§ Work item
Stop at the line containing "pub fn subject_of<'a>(name: &'a": every line of the listing from the first up to that one must be set down exactly.

§ Data to process
=== Begin Enclosure ===
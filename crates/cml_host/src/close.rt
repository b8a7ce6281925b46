//! How a run is closed that has come to its end: its status, and what is said of that end.

ghost use Rattle.std.specs.Prelude.{◌≡◌, ◌&&◌, ◌||◌, IfOk, is_some};
ghost use Rattle.cml_facts.specs.Stuck.{is_stuck};
ghost use Rattle.cml_host.specs.Closed.{IsClosing, MaySay, PlainAsked, is_asked, plain_asked};
ghost use Rattle.cml_host.specs.Closed as closed;
ghost use Rattle.cml_host.specs.Told as spec;

use crate::broken::push_judged;
use crate::script::Script;
use cml_check::Prog;
use cml_facts::ending::{explain_end, is_stuck};
use cml_facts::fault::{faults_of, write_faults};
use cml_hub::{End, Hub};
use cml_judge::{are_all_kept, judge_alone};
use cml_phrase::statement_places;
use cml_properties::Property;
use cml_text::Sexpr;
use std::alloc::{AllocError, Global};

// The status of a run that breaks a property, or is stuck, where it is judged strictly.
const UNWELL: u8 = 6;

/// A script that is spoken of.
#[derive(Drop)]
pub struct Subject<'a> {
    /// The name under which it lies.
    pub name: &'a str,
    /// Its text.
    pub text: Vec<u8>,
    /// Its forms.
    pub forms: Vec<Sexpr>,
}

/// What is asked of the end of a run.
#[derive(Drop)]
pub struct Asked<'a> {
    /// The script, where it is kept.
    pub subject: Option<Subject<'a>>,
    /// Whether the end is explained.
    pub explains: bool,
    /// Whether it is judged strictly.
    pub strict: bool,
    /// The numbers of the functions of servers.
    pub servers: Vec<u32>,
    /// What must hold of the run.
    pub properties: Vec<Property>,
    /// Whether it stops where that does not hold, or a thread ends at a fault.
    pub stops: bool,
}

/// How a run is closed.
#[derive(Drop)]
pub struct Closing {
    /// The status with which it ends.
    pub status: u8,
    /// What is said of its end: nothing, where that is not explained.
    pub words: Vec<u8>,
}

/// The program of the script, and the script as one that is spoken of.
pub fn subject_of<'a>(name: &'a str, script: Script) -> (Prog, Subject<'a>)
    ensures program { result.0 ≡ script.program }
    ensures text { result.1.text.items ≡ script.text.items }
    ensures forms { result.1.forms.items ≡ script.forms.items }
{
    let Script {
        text,
        forms,
        program,
    } = script;
    (program, Subject { name, text, forms })
}

/// The program of the script, and what is asked of the end of its run. Text and forms are kept only where the end is explained, a picture of the
/// run is drawn, or properties are wanted.
pub fn ask<'a>(
    name: &'a str,
    script: Script,
    explains: bool,
    draws: bool,
    strict: bool,
    servers: Vec<u32>,
    properties: Vec<Property>,
    stops: bool,
) -> (Prog, Asked<'a>)
    ensures program { result.0 ≡ script.program }
    ensures asked { let asked : PlainAsked = record { explains = explains; strict = strict; servers = servers.items; properties = properties.items; stops = stops } in
        plain_asked result.1 ≡ asked }
    ensures kept { is_some result.1.subject ≡ explains || (draws || is_asked properties.items) }
{
    let (program, subject) = subject_of(name, script);
    let keeps = either(draws, some_asked(properties.as_slice()));
    let subject = keep_where(subject, explains, keeps);
    let asked = Asked {
        subject,
        explains,
        strict,
        servers,
        properties,
        stops,
    };
    (program, asked)
}

// Whether properties are wanted.
fn some_asked(properties: &[Property]) -> bool
    ensures { result ≡ is_asked properties.now }
{
    !properties.is_empty()
}

// Whether one of them holds.
fn either(one: bool, other: bool) -> bool
    ensures { result ≡ one || other }
{
    one || other
}

// The script, where the end is explained or it is asked for.
fn keep_where<'a>(subject: Subject<'a>, explains: bool, keeps: bool) -> Option<Subject<'a>>
    ensures { is_some result ≡ explains || keeps }
{
    if explains || keeps {
        Some(subject)
    } else {
        drop(subject);
        None
    }
}

/// How the run of this hub is closed, which has come to its end.
///
/// # Errors
/// Out of memory, which it takes only where the end is explained or properties are wanted.
pub fn close(alloc: Global, hub: &Hub, asked: &Asked<'_>) -> Result<Closing, AllocError>
    ensures { IfOk result (IsClosing (plain_asked asked.now) hub.now) }
{
    let judged = judge_alone(alloc, asked.properties.as_slice(), hub)?;
    let status = closing_status(hub, asked, are_all_kept(judged.as_slice()));
    let words = closing_words(alloc, hub, asked, judged.as_slice())?;
    Ok(Closing { status, words })
}

// What is said of the end: of the properties that are wanted, and how the run ended, where that is explained.
fn closing_words(
    alloc: Global,
    hub: &Hub,
    asked: &Asked<'_>,
    judged: &[Option<usize>],
) -> Result<Vec<u8>, AllocError>
    ensures { IfOk result (λ words. MaySay ((plain_asked asked.now).explains || is_asked (plain_asked asked.now).properties) words.items) }
{
    let mut words = Vec::new(alloc);
    push_judged(
        alloc,
        &mut words,
        asked.properties.as_slice(),
        asked.subject.as_ref(),
        asked.explains,
        hub,
        judged,
    )?;
    let more = asked_words(alloc, hub, asked)?;
    words.extend_from_slice(more.as_slice())?;
    Ok(words)
}

/// Whether the end is explained: where that is asked for, and the script is kept.
pub fn is_explained(asked: &Asked<'_>) -> bool
    ensures { result ≡ (plain_asked asked.now).explains }
{
    asked.explains && asked.subject.is_some()
}

// How the run ended, where that is asked for and the script is kept.
fn asked_words(alloc: Global, hub: &Hub, asked: &Asked<'_>) -> Result<Vec<u8>, AllocError>
    ensures { IfOk result (λ words. MaySay (plain_asked asked.now).explains words.items) }
{
    match &asked.subject {
        Some(subject) => kept_words(
            alloc,
            hub,
            asked.explains,
            subject,
            asked.servers.as_slice(),
        ),
        None => Ok(Vec::new(alloc)),
    }
}

// The same of a script that is kept.
fn kept_words(
    alloc: Global,
    hub: &Hub,
    explains: bool,
    subject: &Subject<'_>,
    servers: &[u32],
) -> Result<Vec<u8>, AllocError>
    ensures { IfOk result (λ words. MaySay explains words.items) }
{
    if explains {
        end_words(alloc, hub, subject, servers)
    } else {
        Ok(Vec::new(alloc))
    }
}

/// What explains the end of the run of this hub: which threads are left and for what they wait, which of them are servers, and where and why
/// threads ended at faults.
///
/// # Errors
/// Out of memory.
#[inline(never)]
pub fn end_words(
    alloc: Global,
    hub: &Hub,
    subject: &Subject<'_>,
    servers: &[u32],
) -> Result<Vec<u8>, AllocError> {
    let text = subject.text.as_slice();
    let forms = subject.forms.as_slice();
    let mut words = explain_end(alloc, subject.name, text, forms, hub, servers)?;
    push_faults(alloc, &mut words, hub, subject)?;
    Ok(words)
}

// Where and why threads ended at faults.
#[inline(never)]
fn push_faults(
    alloc: Global,
    words: &mut Vec<u8>,
    hub: &Hub,
    subject: &Subject<'_>,
) -> Result<(), AllocError> {
    let text = subject.text.as_slice();
    let forms = subject.forms.as_slice();
    let places = statement_places(alloc, text, forms)?;
    let faults = faults_of(alloc, forms, places.as_slice(), hub)?;
    drop(places);
    write_faults(alloc, words, subject.name, text, forms, &faults)
}

// With which status it ends.
fn closing_status(hub: &Hub, asked: &Asked<'_>, kept: bool) -> u8
    ensures { result ≡ closed.closing_status (plain_asked asked.now) hub.now kept }
{
    let unwell = is_unwell(hub, asked, kept);
    if unwell {
        UNWELL
    } else {
        end_status(hub.end())
    }
}

// Whether a property is broken, or it stops at a fault, or is judged strictly and stuck.
fn is_unwell(hub: &Hub, asked: &Asked<'_>, kept: bool) -> bool
    ensures { result ≡ closed.is_unwell (plain_asked asked.now) hub.now kept }
{
    either(
        !kept,
        either(has_a_fault(hub, asked), stays_stuck(hub, asked)),
    )
}

// Whether it is to stop where a thread ends at a fault, and one has.
fn has_a_fault(hub: &Hub, asked: &Asked<'_>) -> bool
    ensures { result ≡ closed.has_a_fault (plain_asked asked.now) hub.now }
{
    asked.stops && hub.faults() > 0
}

// Whether it is judged strictly, and stuck.
fn stays_stuck(hub: &Hub, asked: &Asked<'_>) -> bool
    ensures { result ≡ ((plain_asked asked.now).strict && is_stuck (plain_asked asked.now).servers hub.now) }
{
    asked.strict && is_stuck(hub, asked.servers.as_slice())
}

fn end_status(end: End) -> u8
    ensures { result ≡ spec.end_status end }
{
    match end {
        End::Quiet => 0,
        End::Budget => 4,
        End::Partial => 0,
    }
}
=== End Enclosure ===
§ Exercise response
filename crates/cml_host/src/close.rt
repository b8a7ce6281925b46
//! How a run is closed that has come to its end: its status, and what is said of that end.

ghost use Rattle.std.specs.Prelude.{◌≡◌, ◌&&◌, ◌||◌, IfOk, is_some};
ghost use Rattle.cml_facts.specs.Stuck.{is_stuck};
ghost use Rattle.cml_host.specs.Closed.{IsClosing, MaySay, PlainAsked, is_asked, plain_asked};
ghost use Rattle.cml_host.specs.Closed as closed;
ghost use Rattle.cml_host.specs.Told as spec;

use crate::broken::push_judged;
use crate::script::Script;
use cml_check::Prog;
use cml_facts::ending::{explain_end, is_stuck};
use cml_facts::fault::{faults_of, write_faults};
use cml_hub::{End, Hub};
use cml_judge::{are_all_kept, judge_alone};
use cml_phrase::statement_places;
use cml_properties::Property;
use cml_text::Sexpr;
use std::alloc::{AllocError, Global};

// The status of a run that breaks a property, or is stuck, where it is judged strictly.
const UNWELL: u8 = 6;

/// A script that is spoken of.
#[derive(Drop)]
pub struct Subject<'a> {
    /// The name under which it lies.
    pub name: &'a str,
    /// Its text.
    pub text: Vec<u8>,
    /// Its forms.
    pub forms: Vec<Sexpr>,
}

/// What is asked of the end of a run.
#[derive(Drop)]
pub struct Asked<'a> {
    /// The script, where it is kept.
    pub subject: Option<Subject<'a>>,
    /// Whether the end is explained.
    pub explains: bool,
    /// Whether it is judged strictly.
    pub strict: bool,
    /// The numbers of the functions of servers.
    pub servers: Vec<u32>,
    /// What must hold of the run.
    pub properties: Vec<Property>,
    /// Whether it stops where that does not hold, or a thread ends at a fault.
    pub stops: bool,
}

/// How a run is closed.
#[derive(Drop)]
pub struct Closing {
    /// The status with which it ends.
    pub status: u8,
    /// What is said of its end: nothing, where that is not explained.
    pub words: Vec<u8>,
}

/// The program of the script, and the script as one that is spoken of.
pub fn subject_of<'a>(name: &'a str, script: Script) -> (Prog, Subject<'a>)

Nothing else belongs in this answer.